# Schatten des krieges, stürzt ab



## Prostore (11. Oktober 2017)

*Schatten des krieges, stürzt ab*

Hey Leute 

Habe mir gestern Schatten des krieges gekauft. Ich konnte es leider nie öffnen... da die typische Windows fehlermeldung kommt " schatten des krieges funktioniert nicht " Habt ihr eine lösung für das problem?

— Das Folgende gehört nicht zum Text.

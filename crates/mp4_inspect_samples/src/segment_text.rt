//! The text of the row of a `moof`, in each form.

ghost use Rattle.std.specs.Prelude.{◌≡◌, ◌++◌, string_bytes, OnOk};
ghost use Rattle.mp4_inspect_samples.specs.SegmentText.{csv_bytes, csv_segment, csv_times, json_bytes, json_end};
ghost use Rattle.mp4_inspect_samples.specs.SegmentText.{json_front, json_segment, json_times, maybe_time_column};
ghost use Rattle.mp4_inspect_samples.specs.SegmentText.{plain_bytes, plain_segment, plain_times, segment_text};
ghost use Rattle.mp4_inspect_samples.specs.SegmentText.{wide_maybe_column, wide_maybe_time_column};

use crate::clock::Clock;
use crate::row_text::{
    Form, push_maybe, push_number, push_padded, push_time_column, push_wide, push_wide_time,
};
use std::alloc::AllocError;

/// The row of a `moof`: its bytes with those of its media data, and the times of its first fragment.
#[derive(Clone, Copy, Debug, PartialEq, Eq)]
pub struct Segment {
    /// Its number in the file, starting at 1.
    pub number: u64,
    /// The position of the `moof`, in bytes.
    pub offset: u64,
    /// The number of bytes from the `moof` to the next `moof`, or to the end of the last media data.
    pub size: u64,
    /// The track_ID of the first fragment, if it can be read.
    pub track: Option<u32>,
    /// The decode time of the first sample of the first fragment, in the timescale of its media, if it is known.
    pub start: Option<u64>,
    /// The duration of the samples of the first fragment, in the timescale of its media, if it is known.
    pub duration: Option<u64>,
    /// The timescale of the media of that track, and the unit in which times are written.
    pub clock: Clock,
}

/// Appends a time after `before`, or `unknown` if it is unknown.
#[tactic(auto, unfolding(crate::specs::SegmentText::maybe_time_column))]
fn push_maybe_time(
    before: &str,
    unknown: &str,
    clock: Clock,
    time: Option<u64>,
    out: &mut String,
) -> Result<(), AllocError>
    ensures { OnOk result
        (string_bytes out.new ≡ string_bytes out.old ++ maybe_time_column before.now unknown.now clock time) }
{
    match time {
        Some(time) => push_time_column(before, unknown, clock, time, out),
        None => {
            out.push_str(before)?;
            out.push_str(unknown)
        }
    }
}

/// Appends a number of a width after `before`, or a dash if it is unknown.
#[tactic(auto, unfolding(crate::specs::SegmentText::wide_maybe_column))]
fn push_wide_maybe(
    before: &str,
    width: usize,
    number: Option<u32>,
    out: &mut String,
) -> Result<(), AllocError>
    ensures { OnOk result
        (string_bytes out.new ≡ string_bytes out.old ++ wide_maybe_column before.now width number) }
{
    match number {
        Some(number) => push_wide(before, width, u64::from(number), out),
        None => push_padded(before, width, "-", out),
    }
}

/// Appends a time of a width after `before`, or a dash if it is unknown. `cell` has room for its digits.
#[tactic(auto, unfolding(crate::specs::SegmentText::wide_maybe_time_column))]
fn push_wide_maybe_time(
    before: &str,
    width: usize,
    clock: Clock,
    time: Option<u64>,
    cell: &mut String,
    out: &mut String,
) -> Result<(), AllocError>
    ensures { OnOk result
        (string_bytes out.new ≡ string_bytes out.old ++ wide_maybe_time_column before.now width clock time) }
{
    match time {
        Some(time) => push_wide_time(before, width, clock, time, cell, out),
        None => push_padded(before, width, "-", out),
    }
}

/// Appends the number and the bytes of a row, as numbers between commas.
#[tactic(auto, unfolding(crate::specs::SegmentText::csv_bytes))]
fn push_csv_bytes(row: &Segment, out: &mut String) -> Result<(), AllocError>
    ensures { OnOk result (string_bytes out.new ≡ string_bytes out.old ++ csv_bytes row.now) }
{
    push_number("", row.number, out)?;
    push_number(",", row.offset, out)?;
    push_number(",", row.size, out)
}

/// Appends the track and the times of a row, as numbers between commas.
#[tactic(auto, unfolding(crate::specs::SegmentText::csv_times))]
fn push_csv_times(row: &Segment, out: &mut String) -> Result<(), AllocError>
    ensures { OnOk result (string_bytes out.new ≡ string_bytes out.old ++ csv_times row.now) }
{
    push_maybe(",", row.track, "", out)?;
    push_maybe_time(",", "", row.clock, row.start, out)?;
    push_maybe_time(",", "", row.clock, row.duration, out)?;
    push_maybe(",", row.clock.timescale, "", out)
}

/// Appends a row as a line of numbers between commas.
#[tactic(auto, unfolding(crate::specs::SegmentText::csv_segment))]
fn push_csv(row: &Segment, out: &mut String) -> Result<(), AllocError>
    ensures { OnOk result (string_bytes out.new ≡ string_bytes out.old ++ csv_segment row.now) }
{
    push_csv_bytes(row, out)?;
    push_csv_times(row, out)?;
    out.push_str("\n")
}

/// Appends the number and the bytes of a row, as members of a JSON object.
#[tactic(auto, unfolding(crate::specs::SegmentText::json_bytes))]
fn push_json_bytes(row: &Segment, out: &mut String) -> Result<(), AllocError>
    ensures { OnOk result (string_bytes out.new ≡ string_bytes out.old ++ json_bytes row.now) }
{
    push_number("{\"number\": ", row.number, out)?;
    push_number(", \"offset\": ", row.offset, out)?;
    push_number(", \"size\": ", row.size, out)
}

/// Appends the track and the start of a row, as members of a JSON object.
#[tactic(auto, unfolding(crate::specs::SegmentText::json_times))]
fn push_json_times(row: &Segment, out: &mut String) -> Result<(), AllocError>
    ensures { OnOk result (string_bytes out.new ≡ string_bytes out.old ++ json_times row.now) }
{
    push_maybe(", \"track\": ", row.track, "null", out)?;
    push_maybe_time(", \"start\": ", "null", row.clock, row.start, out)
}

/// Appends the bytes, the track and the start of a row, as members of a JSON object.
#[tactic(auto, unfolding(crate::specs::SegmentText::json_front))]
fn push_json_front(row: &Segment, out: &mut String) -> Result<(), AllocError>
    ensures { OnOk result (string_bytes out.new ≡ string_bytes out.old ++ json_front row.now) }
{
    push_json_bytes(row, out)?;
    push_json_times(row, out)
}

/// Appends the duration and the timescale of a row, as members of a JSON object.
#[tactic(auto, unfolding(crate::specs::SegmentText::json_end))]
fn push_json_end(row: &Segment, out: &mut String) -> Result<(), AllocError>
    ensures { OnOk result (string_bytes out.new ≡ string_bytes out.old ++ json_end row.now) }
{
    push_maybe_time(", \"duration\": ", "null", row.clock, row.duration, out)?;
    push_maybe(", \"timescale\": ", row.clock.timescale, "null", out)
}

/// Appends a row as a JSON object.
#[tactic(auto, unfolding(crate::specs::SegmentText::json_segment))]
fn push_json(row: &Segment, out: &mut String) -> Result<(), AllocError>
    ensures { OnOk result (string_bytes out.new ≡ string_bytes out.old ++ json_segment row.now) }
{
    push_json_front(row, out)?;
    push_json_end(row, out)?;
    out.push_str("}")
}

/// Appends the number and the bytes of a row, as aligned columns.
#[tactic(auto, unfolding(crate::specs::SegmentText::plain_bytes))]
fn push_plain_bytes(row: &Segment, out: &mut String) -> Result<(), AllocError>
    ensures { OnOk result (string_bytes out.new ≡ string_bytes out.old ++ plain_bytes row.now) }
{
    push_wide("", 8, row.number, out)?;
    push_wide("  ", 12, row.offset, out)?;
    push_wide("  ", 11, row.size, out)
}

/// Appends the track and the times of a row, as aligned columns. `cell` has room for a time.
#[tactic(auto, unfolding(crate::specs::SegmentText::plain_times))]
fn push_plain_times(row: &Segment, cell: &mut String, out: &mut String) -> Result<(), AllocError>
    ensures { OnOk result (string_bytes out.new ≡ string_bytes out.old ++ plain_times row.now) }
{
    push_wide_maybe("  ", 10, row.track, out)?;
    push_wide_maybe_time("  ", 12, row.clock, row.start, cell, out)?;
    push_wide_maybe_time("  ", 12, row.clock, row.duration, cell, out)
}

/// Appends a row as a line of aligned columns. `cell` has room for a time.
#[tactic(auto, unfolding(crate::specs::SegmentText::plain_segment))]
fn push_plain(row: &Segment, cell: &mut String, out: &mut String) -> Result<(), AllocError>
    ensures { OnOk result (string_bytes out.new ≡ string_bytes out.old ++ plain_segment row.now) }
{
    push_plain_bytes(row, out)?;
    push_plain_times(row, cell, out)?;
    out.push_str("\n")
}

/// Appends a row. As JSON it follows a comma if it follows another row. `cell` has room for a time.
pub fn push_segment(
    form: Form,
    follows: bool,
    row: &Segment,
    cell: &mut String,
    out: &mut String,
) -> Result<(), AllocError>
    ensures { OnOk result (string_bytes out.new ≡ string_bytes out.old ++ segment_text form follows row.now) }
{
    match form {
        Form::Text => push_plain(row, cell, out),
        Form::Csv => push_csv(row, out),
        Form::Json => {
            out.push_str(if follows { ",\n" } else { "\n" })?;
            push_json(row, out)
        }
    }
}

Habe Schatten des krieges auf Steam gekauft und die .exe als Admin ausgeführt... sowie auf eine andere Festplatte installiert und nach fehlerhaften Datein geschaut... habe auf google leider keine lösung gefunden

Gruß Patrick


----------



## Schwarzseher (11. Oktober 2017)

*AW: Schatten des krieges, stürzt ab*

Mal versucht die exe. Datei des Spiels als Admin. zu starten aus dem Steam Ordner?Edit:hast du ja schon gemacht sry übersehen
DirectX aktuell?
Evt. auch ein Problem bei Steam.Wer weiß das schon.


----------



## Prostore (11. Oktober 2017)

*AW: Schatten des krieges, stürzt ab*

Direct x gestern aktualisiert  hat leider nichts gebracht :/ da ich gefühlt der einzige mit dem problem bin denke ich nicht das eine schnelle Lösung kommt :/


----------



## Schwarzseher (11. Oktober 2017)

*AW: Schatten des krieges, stürzt ab*

Grafiktreiber evt. mal neu installieren.
Wird natürlich auch schwer bei so einer ausagekräftigen Fehlermeldung v. Win was zu finden.


----------



## Prostore (11. Oktober 2017)

*AW: Schatten des krieges, stürzt ab*

Habe ich gestern auch schon neu installiert, oder besser gesagt  aktualisiert... das stimmt, windows gibt nicht viel spielraum um den  fehler zu finden


----------



## tommi3s (15. Oktober 2017)

*AW: Schatten des krieges, stürzt ab*

Hi,

hast du das Problem lösen können? Ich hab nämlich aktuell das gleiche Problem. Spiel schmiert so alle 30-60 Minuten mal ab. 
Was mir ebenfalls noch aufgefallen ist mit MSI Afterburner startet das Game nicht mal schmiert instant ab.
Treiber ist der aktuelle optimierte für Schatten des Krieges drauf. 
Ich hab das Problem mit ner 1070 gtx

Lg Tommy


----------